In The Joy of the Gospel, Pope Francis mentions a distinction between two types of faith. In no. 124 he talks about popular piety:
is it [popular piety] devoid of content; rather it discovers and expresses that content more by
way of symbols than by discursive reasoning, and in the act of faith greater
accent is placed on credere in Deum
than on credere Deum."
What is the difference between them? A note here references St. Thomas on faith.
Briefly, "credere in Deum" is a living faith (what Thomas would call a formed faith). It's a faith that works through love, a faith that is not a dead letter for the person who has it, but one that urges them ever closer to God. It means to believe in God not just in an abstract intellectual way, but with love, with our whole will.

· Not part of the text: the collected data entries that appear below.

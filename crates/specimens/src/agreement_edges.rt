// Edges of the agreement test. A line is `name row sheet`.
use casebook::{Asked, Cases};

pub const CASES: [Cases; 3] = [
    // Labels carry no meaning, and lengths, nets and pins do.
    Cases {
        asked: Asked::Agreement(true),
        lines: b"
same-labels abab 1404000860
other-labels zyzy 1404000860
",
    },
    Cases {
        asked: Asked::Agreement(false),
        lines: b"
other-pins aabb 1404000860
one-net-of-two aaaa 1404000860
lone-pin abac 1404000860
longer-row ababa 1404000860
shorter-row aba 1404000860
",
    },
    // Empty inputs and damaged sheets have no row that agrees.
    Cases {
        asked: Asked::Agreement(false),
        lines: b"
empty-row-and-sheet - -
empty-sheet aa -
one-byte aa 10
empty-row - 10020200
n-1 a 100100
Ku-4 aa 40020200
one-short aa 100202
one-long aa 1002020000
left-open ab 14020000
",
    },
];
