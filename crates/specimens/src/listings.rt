// The text of `listrow`.
use casebook::{Casebook, pairs};
use std::io;

pub fn short_inputs(book: &mut Casebook<'_, impl Print>) -> io::Result<()> {
    book.listing_case(b"no-bytes", b"", b"refused 1 at 0\n")?;
    book.listing_case(b"one-byte", b"\x02", b"refused 1 at 0\n")?;
    book.listing_case(b"two-bytes", b"\x02\x01", b"refused 1 at 0\n")?;
    book.listing_case(
        b"specimen",
        b"\x02\x01abcbac",
        b"sheet 6 2 1\n1 B 1 1\n2 B 2 2\n3 B 2 3\n4 E 3 3\n5 E 1 2\n6 E 1 1\n",
    )
}

pub fn blank_inputs(book: &mut Casebook<'_, impl Print>) -> io::Result<()> {
    book.listing_case(
        b"two-nets-and-blanks",
        b"\x01\x01ab\xffab\xff",
        b"sheet 6 1 1\n1 B 1 1\n2 B 1 2\n3 N 1 2\n4 E 2 2\n5 E 1 1\n6 N 0 0\n",
    )?;
    book.listing_case(
        b"blanks-alone",
        b"\x00\x00\xff\xff",
        b"sheet 2 0 0\n1 N 0 0\n2 N 0 0\n",
    )?;
    book.listing_case(
        b"refused-past-a-blank",
        b"\x02\x00ab\xffab",
        b"refused 6 at 4\n",
    )
}

pub fn refused_inputs(book: &mut Casebook<'_, impl Print>) -> io::Result<()> {
    book.listing_case(b"Ku-4", b"\x04\x01aa", b"refused 2 at 0\n")?;
    book.listing_case(b"S10", b"\x01\x01aab", b"refused 3 at 3\n")?;
    book.listing_case(b"S7", b"\x02\x01abcabcabc", b"refused 6 at 5\n")
}

// Inputs of 512, 513 and 600 nodes.
pub fn long_inputs(book: &mut Casebook<'_, impl Print>) -> io::Result<()> {
    let most: [u8; 514] = pairs::input();
    let over: [u8; 515] = pairs::input();
    let far: [u8; 602] = pairs::input();
    book.long_listing_case(
        b"512-nodes 5026 513",
        &most,
        b"sheet 512 1 0\n1 B 1 1\n2 E 1 1\n",
        b"511 N 0 0\n512 N 0 0\n",
    )?;
    book.listing_case(b"513-nodes", &over, b"refused 1 at 0\n")?;
    book.listing_case(b"600-nodes", &far, b"refused 1 at 0\n")
}
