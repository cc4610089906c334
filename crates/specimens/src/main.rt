// Asks the library the edges and specimens of documents 01 and 02 and the worked net lists of the source documents, and prints each answer with what was tested.
#![tactic(auto)]

mod agreement_edges;
mod blanks;
mod drawer_edges;
mod listings;
mod long;
mod reader_edges;
mod router_edges;
mod specimens;
mod worked;

use casebook::Casebook;
use std::io;

fn main(rt: HostRuntime) -> io::Result<()> {
    rt.write_all(
        b"whom, case: number at place, bytes written; then whether answer and every byte lent are what documents 01 and 02 say\n",
    )?;
    let mut book = Casebook::new(&rt);
    ask_lines(&mut book)?;
    ask_long(&mut book)?;
    ask_listings(&mut book)?;
    book.print_counts()
}

fn ask_lines(book: &mut Casebook<'_, impl Print>) -> io::Result<()> {
    book.ask(&specimens::CASES)?;
    book.ask(&blanks::CASES)?;
    book.ask(&worked::CASES)?;
    book.ask(&router_edges::CASES)?;
    book.ask(&reader_edges::CASES)?;
    book.ask(&drawer_edges::CASES)?;
    book.ask(&agreement_edges::CASES)
}

fn ask_long(book: &mut Casebook<'_, impl Print>) -> io::Result<()> {
    long::most_nodes(book)?;
    long::most_nets(book)?;
    long::too_many_nodes(book)
}

fn ask_listings(book: &mut Casebook<'_, impl Print>) -> io::Result<()> {
    listings::short_inputs(book)?;
    listings::blank_inputs(book)?;
    listings::refused_inputs(book)?;
    listings::long_inputs(book)
}
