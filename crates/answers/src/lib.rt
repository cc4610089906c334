// The number and the place of each answer, for callers that take numbers.
#![tactic(auto)]

ghost use Rattle.std.specs.Prelude.{◌≡◌, ◌+◌, ◌*◌, ◌%◌, ◌++◌, Some, codes, decimal};
ghost use Rattle.rules.specs.Answers.{says, fault_said, route_said, read_said, draw_said};

use rules::{DrawError, Drawing, Fault, Limit, ReadError, Reading, RouteError, Routing};
use std::fmt;

// An answer in numbers, which is how C is told: 0 or the cause, and the node, the count or 0 that goes with it.
#[derive(Clone, Copy, Debug, PartialEq, Eq)]
pub struct Said {
    pub number: u32,
    pub place: usize,
}

impl fmt::Display for Said {
    ghost output = { λ s. Some (decimal s.number ++ codes " at " ++ decimal s.place) };

    fn fmt<W: fmt::Write>(&self, f: &mut fmt::Formatter<W>) -> fmt::Result {
        write!(f, "{} at {}", self.number, self.place)
    }
}

// What the router said.
impl From<Routing> for Said {
    ghost from_gives = { λ r s. says s.number s.place ≡ route_said r };

    #[tactic(auto, unfolding(rules::specs::Answers::route_said))]
    fn from(r: Routing) -> Said {
        match r {
            Ok(n) => tell(0, n),
            Err(RouteError::RowLength) => tell(1, 0),
            Err(RouteError::Tracks) => tell(2, 0),
            Err(RouteError::Lone(i)) => tell(3, i),
            Err(RouteError::WorkShort) => tell(4, 0),
            Err(RouteError::SheetShort) => tell(5, 0),
            Err(RouteError::Stuck(i)) => tell(6, i),
        }
    }
}

// What the reader said.
impl From<Reading> for Said {
    ghost from_gives = { λ r s. says s.number s.place ≡ read_said r };

    #[tactic(auto, unfolding(rules::specs::Answers::read_said))]
    fn from(r: Reading) -> Said {
        match r {
            Ok(n) => tell(0, n),
            Err(ReadError::RowShort) => tell(14, 0),
            Err(ReadError::Unfit(e)) => Said::from(e),
        }
    }
}

// What the drawer said.
impl From<Drawing> for Said {
    ghost from_gives = { λ d s. says s.number s.place ≡ draw_said d };

    #[tactic(auto, unfolding(rules::specs::Answers::draw_said))]
    fn from(d: Drawing) -> Said {
        match d {
            Ok(k) => tell(0, k),
            Err(DrawError::FilmShort) => tell(21, 0),
            Err(DrawError::Unfit(e)) => Said::from(e),
        }
    }
}

// Why a sheet was refused.
impl From<Fault> for Said {
    ghost from_gives = { λ e s. says s.number s.place ≡ fault_said e };

    #[tactic(auto, unfolding(rules::specs::Answers::fault_said, rules::specs::Answers::limit_number))]
    fn from(e: Fault) -> Said {
        match e {
            Fault::Head => tell(11, 0),
            Fault::Tracks => tell(12, 0),
            Fault::Length => tell(13, 0),
            Fault::Position(i) => tell(16, i),
            Fault::Street(Limit::Upper, i) => tell(17, i),
            Fault::Street(Limit::Lower, i) => tell(30, i),
            Fault::Street(Limit::Sum, i) => tell(31, i),
            Fault::Open(n) => tell(18, n),
            Fault::Padding => tell(19, 0),
            Fault::Nets => tell(23, 0),
        }
    }
}

// An answer as one number: its number · 2^32 + its place, of which the low 32 bits are kept.
impl From<Said> for u64 {
    ghost from_gives = { λ s n. n ≡ s.number * 4294967296 + s.place % 4294967296 };

    fn from(s: Said) -> u64 {
        u64::from(s.number) * 4294967296 + s.place as u64 % 4294967296
    }
}

// Any answer as that number.
pub fn code<A: Into<Said>>(answer: A) -> u64
    ensures { (s : _) × A.converts answer s × (result ≡ s.number * 4294967296 + s.place % 4294967296) }
{
    u64::from(answer.into())
}

fn tell(number: u32, place: usize) -> Said
    ensures { says result.number result.place ≡ says number place }
{
    Said { number, place }
}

"Credere Deum" instead refers to the content of faith. It's the "what" we believe. That's very important too, and we need to know the content of our faith. But it needs to be completed by the "credere in Deum" that moves us to love God and show our faith in the way we live.
For example, Catholics who believe in what the Church teaches about the Mass and the sacraments, but never go to Mass, have credere Deum but not credere in Deum. In terms of our own spiritual life, the more we can move from credere Deum to credere in Deum, the holier we will become.
So in the context of this part of the letter, I think Francis is saying that authentic popular piety is linked with a real living out of faith. It leads to a loving, dynamic faith, one that doesn't stop at only marking out the limits of what we believe, but leads to a faith that changes our lives.
The reference is to the Summa, II-II, q. 2, article 2.